Trial for threats and harassment: a post-mortem statement inadmissible in evidence

Despite three statements to the police and a letter found on his person after his suicide saying that he was the victim of threats because he was unable to repay a usurious loan of $11,000 for which he had to repay $550 in interest only, an alleged lender independent may well avoid the charges of threats and harassment against him.

Trial for threats and harassment: a post-mortem statement inadmissible in evidence

Despite three statements to the police and a letter found on his person after his suicide saying that he was the victim of threats because he was unable to repay a usurious loan of $11,000 for which he had to repay $550 in interest only, an alleged lender independent may well avoid the charges of threats and harassment against him.

In June 2018, Roberto Roussel, a CNESST annuitant had borrowed $11,000 from a money lender in order to renovate his kitchen. The agreement stipulated that he had to repay $550 every 7th of the month.

Mr. Roussel, who suffered from a mental health problem, repaid his due every month until he realized that the $550 only covered the interest and not the capital of $11,000. In March 2019, after a late payment, Mr. Roussel was allegedly threatened by the lender as well as by a large man during an appointment in the parking lot of a gym.

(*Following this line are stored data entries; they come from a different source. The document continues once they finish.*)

//! The end itself: what comes to it, and what it hands out.

ghost use Rattle.std.specs.Prelude.{◌≡◌, ◌≤◌, ◌+◌, ◌⊎◌, ◌++◌, [], ◌∷◌, OnOk, OnErr, IfOk, IsOk};
ghost use Rattle.std.specs.Prelude.{◌<◌, None, is_some, length, true};
ghost use Rattle.std.specs.List.{AllByRecursion};
ghost use Rattle.pitch_fields.specs.Limits.{most_held};
ghost use Rattle.unit_packets.specs.Packing.{bytes_in};
ghost use Rattle.heard_items.specs.Datagrams.{IsPiece};
ghost use Rattle.pitch_model.specs.Book.{book_after};
ghost use Rattle.venue_core.specs.Refusals.{refusal, IsAnswer};

use crate::servers::Servers;
use crate::setup::VenueSetup;
use order_book::UnitBook;
use pitch_fields::OutOfMemory;
use pitch_text::Command;
use session_ends::Closed;
use std::alloc::Global;
use unit_market::Market;
use unit_packets::DatagramList;
use venue_core::VenueError;

/// The venue's end of a unit: its market, and the servers that answer from it, with the budget of
/// gap requests and all sessions.
#[derive(Drop)]
pub struct VenueEnd {
    market: Market,
    servers: Servers,
}

impl VenueEnd {
    ghost use Rattle.venue_end.specs.Servers.{proxy_setup, spin_setup};
    ghost use Rattle.venue_end.specs.Sessions.{session_of, waiting_in, closed_in};
    ghost use Rattle.venue_end.specs.Came.{Commanded, Flushed, Beaten, Advertised};
    ghost use Rattle.venue_end.specs.Came.{ProxyMade, ProxyTook, ProxyPut, ProxyCut, SpinMade};
    ghost use Rattle.venue_end.specs.Came.{SpinTook, SpinPumped, SpinPut, SpinCut, Second, AllCut};
    ghost use Rattle.venue_end.specs.Came.{venue_after, on_lines, on_gap_line};
    ghost use Rattle.venue_end.specs.Stands.{VenueStands, OfVenue, Comes};
    ghost use Rattle.venue_end.specs.Stands.{ComesAndCuts, StandsStill};
    ghost use Rattle.venue_end.specs.Feeding.{left_at, runs_on};

    /// An end to which nothing came yet, with all memory of its store. Its proxy keeps at least 1
    /// and at most 65,536 messages.
    pub fn make(alloc: Global, setup: &VenueSetup) -> Result<VenueEnd, OutOfMemory>
        requires { (1 ≤ setup.now.kept) × (setup.now.kept ≤ most_held) }
        ensures stands { IfOk result (λ e. VenueStands setup.now e []) }
    {
        Ok(VenueEnd {
            market: Market::make(alloc, setup.unit, setup.kept)?,
            servers: Servers::make(alloc, setup),
        })
    }

    /// Its unit.
    pub fn unit(&self) -> u8
        ensures { OfVenue self.now (λ s before. result ≡ s.unit) }
    {
        self.servers.unit()
    }

    /// How many messages were accepted.
    pub fn count(&self) -> u32
        ensures { OfVenue self.now (λ s before. result ≡ length (venue_after s before).messages) }
    {
        self.market.count()
    }

    /// The book that the accepted messages leave.
    pub fn book(&self) -> &UnitBook
        ensures { OfVenue self.now
            (λ s before. result.now.book ≡ book_after (venue_after s before).messages) }
    {
        self.market.book()
    }

    /// A command comes. The answer is the sequence of its message, or why it is refused. After a
    /// refusal, also after OutOfMemory, the end stands for what it stood for.
    pub fn accept(&mut self, command: &Command) -> Result<u32, VenueError>
        // The first refusal that holds after all that was accepted before, or the next sequence.
        ensures answer { OfVenue self.old (λ s before.
            IsAnswer (refusal (venue_after s before).messages command.now)
            (length (venue_after s before).messages + 1) result) }
        ensures stands { OnOk result (Comes self.old self.new (Commanded command.now)) }
        ensures err { OnErr result (StandsStill self.old self.new) }
    {
        self.market.accept(command)
    }

    /// What was accepted and not sent yet is sent: its datagrams are appended, for lines A and B
    /// alike. Answers how many they are. After OutOfMemory all is as before.
    pub fn flush(&mut self, lines: &mut DatagramList) -> Result<u32, OutOfMemory>
        ensures stands { OnOk result (Comes self.old self.new Flushed) }
        ensures lines { OnOk result (OfVenue self.old (λ s before. bytes_in lines.new.items
            ≡ bytes_in lines.old.items ++ on_lines s Flushed (venue_after s before))) }
        // Each has messages that were accepted, at their sequences.
        ensures pieces { OnOk result (OfVenue self.old (λ s before.
            AllByRecursion (IsPiece (venue_after s before).messages s.unit)
            (on_lines s Flushed (venue_after s before)))) }
        ensures count { IfOk result (λ count.
            length lines.new.items ≡ length lines.old.items + count) }
        ensures err { OnErr result (StandsStill self.old self.new) }
        ensures err_lines { OnErr result (lines.new.items ≡ lines.old.items) }
    {
        self.market.flush(lines)
    }

    /// The heartbeat, for lines A and B alike. It tells the first sequence that was not sent yet.
    pub fn beat(&self) -> [u8; 8]
        ensures bytes { OfVenue self.now
            (λ s before. result ∷ [] ≡ on_lines s Beaten (venue_after s before)) }
        ensures piece { OfVenue self.now
            (λ s before. IsPiece (venue_after s before).messages s.unit result) }
    {
        self.market.beat()
    }

    /// The image of all messages is advertised, and every Spin Server is told of it. Answers its
    /// sequence, which is their number. After OutOfMemory either the end stands for what it stood
    /// for, or the image is advertised and all sessions are cut.
    pub fn advertise(&mut self) -> Result<u32, OutOfMemory>
        ensures sequence { IfOk result (λ sequence. OfVenue self.old
            (λ s before. sequence ≡ length (venue_after s before).messages)) }
        ensures stands { OnOk result (Comes self.old self.new Advertised) }
        ensures err { OnErr result
            (StandsStill self.old self.new ⊎ ComesAndCuts self.old self.new Advertised) }
    {
        let sequence = self.market.advertise()?;
        self.servers.tell(sequence)?;
        Ok(sequence)
    }

    /// A connection with the proxy was made, which has this number from now on; one that had it has
    /// ended. After OutOfMemory the end stands for what it stood for.
    pub fn connect_proxy(&mut self, id: u32) -> Result<(), OutOfMemory>
        ensures stands { OnOk result (Comes self.old self.new (ProxyMade id)) }
        ensures err { OnErr result (StandsStill self.old self.new) }
    {
        self.servers.connect_proxy(id)
    }

    /// Bytes came to the proxy by the connection of a number; where there is none they are passed
    /// over. Each request is answered from all that was accepted, and counts on the one budget; the
    /// ranges of those that are accepted are appended for the gap line, and what the proxy says
    /// waits to be put. After OutOfMemory the session is cut.
    pub fn take_proxy(
        &mut self,
        id: u32,
        piece: &[u8],
        gap_line: &mut DatagramList,
    ) -> Result<(), OutOfMemory>
        ensures stands { OnOk result (Comes self.old self.new (ProxyTook id piece.now)) }
        ensures lines { OnOk result (OfVenue self.old (λ s before. bytes_in gap_line.new.items
            ≡ bytes_in gap_line.old.items
            ++ on_gap_line s (ProxyTook id piece.now) (venue_after s before))) }
        // Each has messages that were accepted, at their sequences.
        ensures pieces { OnOk result (OfVenue self.old (λ s before.
            AllByRecursion (IsPiece (venue_after s before).messages s.unit)
            (on_gap_line s (ProxyTook id piece.now) (venue_after s before)))) }
        ensures err { OnErr result (Comes self.old self.new (ProxyCut id)) }
        ensures err_lines { OnErr result (gap_line.new.items ≡ gap_line.old.items) }
        ensures none { OfVenue self.old
            (λ s before. session_of id (venue_after s before).proxies ≡ None → IsOk result) }
    {
        // From here on it is known that the unit is a byte.
        let _unit = self.unit();
        self.servers
            .take_proxy(id, piece, &mut self.market, gap_line)
    }

    /// Whether a session with the proxy has the number.
    pub fn has_proxy(&self, id: u32) -> bool
        ensures { OfVenue self.now (λ s before.
            result ≡ is_some (session_of id (venue_after s before).proxies)) }
    {
        self.servers.has_proxy(id)
    }

    /// What waits to be put to a session with the proxy; nothing where there is none.
    pub fn said_by_proxy(&self, id: u32) -> &[u8]
        ensures { OfVenue self.now (λ s before.
            result.now ≡ waiting_in (session_of id (venue_after s before).proxies)) }
    {
        self.servers.said_by_proxy(id)
    }

    /// So many bytes of what waits were put, or all.
    pub fn put_by_proxy(&mut self, id: u32, count: usize)
        ensures stands { Comes self.old self.new (ProxyPut id count) }
    {
        self.servers.put_by_proxy(id, count)
    }

    /// Why the proxy's end of a session closed and where, or None while it has not, and where there
    /// is none. One that has closed still has to be cut, once what it said was put.
    pub fn proxy_closed(&self, id: u32) -> Option<Closed>
        ensures { OfVenue self.now (λ s before.
            result ≡ closed_in (proxy_setup s) (session_of id (venue_after s before).proxies)) }
    {
        self.servers.proxy_closed(id)
    }

    /// A connection with the proxy has ended, where one had the number.
    pub fn cut_proxy(&mut self, id: u32)
        ensures stands { Comes self.old self.new (ProxyCut id) }
    {
        self.servers.cut_proxy(id)
    }

    /// A connection with the Spin Server was made, which has this number from now on; one that had
    /// it has ended. After OutOfMemory the end stands for what it stood for.
    pub fn connect_spin(&mut self, id: u32) -> Result<(), OutOfMemory>
        ensures stands { OnOk result (Comes self.old self.new (SpinMade id)) }
        ensures err { OnErr result (StandsStill self.old self.new) }
    {
        self.servers.connect_spin(id)
    }

    /// Bytes came to the Spin Server by the connection of a number; where there is none they are
    /// passed over. Each request is answered from all that was accepted and advertised, and what
    /// the server says waits to be put. After OutOfMemory the session is cut.
    pub fn take_spin(&mut self, id: u32, piece: &[u8]) -> Result<(), OutOfMemory>
        ensures stands { OnOk result (Comes self.old self.new (SpinTook id piece.now)) }
        ensures err { OnErr result (Comes self.old self.new (SpinCut id)) }
        ensures none { OfVenue self.old
            (λ s before. session_of id (venue_after s before).spins ≡ None → IsOk result) }
    {
        self.servers.take_spin(id, piece, &mut self.market)
    }

    /// The Spin Server is asked for the next block of the image that it sends to a session, if it
    /// sends one: that waits to be put too. Answers whether it still sends one. After OutOfMemory
    /// the end stands for what it stood for.
    pub fn pump_spin(&mut self, id: u32) -> Result<bool, OutOfMemory>
        ensures stands { OnOk result (Comes self.old self.new (SpinPumped id)) }
        ensures more { IfOk result (λ more. OfVenue self.old (λ s before.
            more ≡ runs_on s (session_of id (venue_after s before).spins))) }
        // A session that still sends one has fewer blocks left, so calls in a row end it.
        ensures fewer { IfOk result
            (λ more. more ≡ true → left_at id self.new < left_at id self.old) }
        ensures err { OnErr result (StandsStill self.old self.new) }
        ensures none { OfVenue self.old
            (λ s before. session_of id (venue_after s before).spins ≡ None → IsOk result) }
    {
        self.servers.pump_spin(id)
    }

    /// Whether a session with the Spin Server has the number.
    pub fn has_spin(&self, id: u32) -> bool
        ensures { OfVenue self.now (λ s before.
            result ≡ is_some (session_of id (venue_after s before).spins)) }
    {
        self.servers.has_spin(id)
    }

    /// What waits to be put to a session with the Spin Server; nothing where there is none.
    pub fn said_by_spin(&self, id: u32) -> &[u8]
        ensures { OfVenue self.now (λ s before.
            result.now ≡ waiting_in (session_of id (venue_after s before).spins)) }
    {
        self.servers.said_by_spin(id)
    }

    /// So many bytes of what waits were put, or all.
    pub fn put_by_spin(&mut self, id: u32, count: usize)
        ensures stands { Comes self.old self.new (SpinPut id count) }
    {
        self.servers.put_by_spin(id, count)
    }

    /// Why the Spin Server's end of a session closed and where, or None while it has not, and where
    /// there is none. One that has closed still has to be cut, once what it said was put.
    pub fn spin_closed(&self, id: u32) -> Option<Closed>
        ensures { OfVenue self.now (λ s before.
            result ≡ closed_in (spin_setup s) (session_of id (venue_after s before).spins)) }
    {
        self.servers.spin_closed(id)
    }

    /// A connection with the Spin Server has ended, where one had the number.
    pub fn cut_spin(&mut self, id: u32)
        ensures stands { Comes self.old self.new (SpinCut id) }
    {
        self.servers.cut_spin(id)
    }

    /// A second passes: the budget's next one begins, and every server ticks. What the servers say
    /// by that waits to be put. After OutOfMemory the second has passed, and all sessions are cut.
    pub fn second(&mut self) -> Result<(), OutOfMemory>
        ensures stands { OnOk result (Comes self.old self.new Second) }
        ensures err { OnErr result (ComesAndCuts self.old self.new Second) }
    {
        self.servers.second()
    }

    /// All connections have ended.
    pub fn cut_all(&mut self)
        ensures stands { Comes self.old self.new AllCut }
    {
        self.servers.cut_all();
    }
}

A few days later, the complainant then went to the police station to make a first denunciation. In total, the latter will meet the police three times.

Suicide

In August 2020, Roberto Roussel will be found dead at the age of 50. Two post-suicide letters are found in which he notably indicates “Before being killed by threats, I prefer to die”.

Denis Marcoux will eventually be arrested to face charges of threats and harassment. However, Judge Rena Émond considered that the complainant's statements were hearsay which could not be subjected to cross-examination by the defence.

The complainant's statements were also not corroborated by other evidence and therefore were inadmissible in evidence.

The defense lawyer, Me Didier Samson, believes that the Crown has no more evidence to offer and wanted an immediate stay of proceedings, but the crown has decided to take note of the judge's decision and will indicate what she intends to do with the case in two weeks.